Натурализм и эпатаж работают, когда есть пафос и нравственный импульс
Пересмотрев «Турецкие сладости» Пола Верхувена, я вспомнил «чернуху», которую показывали по ТВ в 90-е. Казалось, что все это снимал один режиссер с одним и тем же оператором в одних и тех же интерьерах про одних и тех же беспросветно пьющих неудачников. Неинтересно смотреть «непозитив», когда нет надежды. У Пола Верхувена есть оптимизм. Жесткие, эпатажные, «антиобщественные» сцены — но не «чернуха», не «депресняк».
«Турецкие сладости» — ключ к миру Верхувена. В нем можно разглядеть и «Звездный десант», и «Четвертого», и «Основной инстинкт». История простая. C кульптор встречает девушку. У них сразу же происходит секс на заднем сиденье автомобиля — таковы нравы 70-х. Потом возникает любовь. Потом она проходит — девушка перестает понимать героя и возвращается к матери. Финал трагический: героиня умирает в больнице.

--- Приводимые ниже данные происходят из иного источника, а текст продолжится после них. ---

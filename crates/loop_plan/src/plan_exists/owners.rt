// Owners are there.
ghost use Rattle.loop_plan.specs.Laws.{OwnersExist, OutcomesFit};

use mesh_decl::declarations_hold;
use partition::part_text::one_outcome;

/// Whatever is asked for the owners of a mesh among 1 to 64 ranks, there are such owners, or the refusal.
pub fn some_owners()
    ensures { OwnersExist }
{
    declarations_hold();
    one_outcome();
}

/// Owners and new numbers that come of what is asked for are those of the mesh, among as many ranks.
pub fn outcomes_fit()
    ensures { OutcomesFit }
{}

Фильм начинается детективной сценой убийства любовной пары в машине. Затем мы видим героя дома, в неубранной квартире, среди девиц, которых он пытается затащить в постель и периодически фотографирует. Одна из них при включенном свете оказывается созданной им скульптурой той девушки, которая убита в машине. История раскручивается назад, и мы пытаемся понять: кто и когда убил девушку, «ставшую» скульптурой. Сцена с убийством несколько раз повторяется.
В какой-то момент мы понимаем: убийство было только в воображении героя. Этот ложный саспенс, напряжение нашего сознания, когда мы гадаем, что было раньше, что потом, что реально, а что виртуально, — сильнейшая сторона композиции.
Ключевая метафора фильма — скульптор. Он любит и «сотворяет» возлюбленную. Это своего рода «анти-Пигмалион» и в то же время история Ромео и Джульетты, которым дали наконец соединиться. Любовь сильная и совершенно «оторванная», идет вразрез со всеми нормами. И если бы не эта любовь, фильм был бы пошленькой мелодрамой с элементами «чернухи». Работает каждая деталь. Он любит ее волосы — а какое-то время спустя встречает ее больную и перекрашенную. Потом она вовсе обрита, и он ей приносит в больницу парик под цвет ее тех волос. В финальном эпизоде медсестра отдает ему коробку с этим париком — и он бросает ее в мусорную машину, которая «сжирает» его. Это последнее, что мы видим. Так все проходит — и любовь, и жизнь.
Сегодня у нас есть не только кассовое кино, но и бытописательские, психологические фильмы, сюжет которых может быть натуралистичным и провокационным. Снимать такой фильм — всегда риск. Можно снимать «под Верхувена». Но без нравственного и эстетического элемента это будет физически неприятно, пошло. А если этот элемент есть, получается такой фильм, как «Турецкие сладости».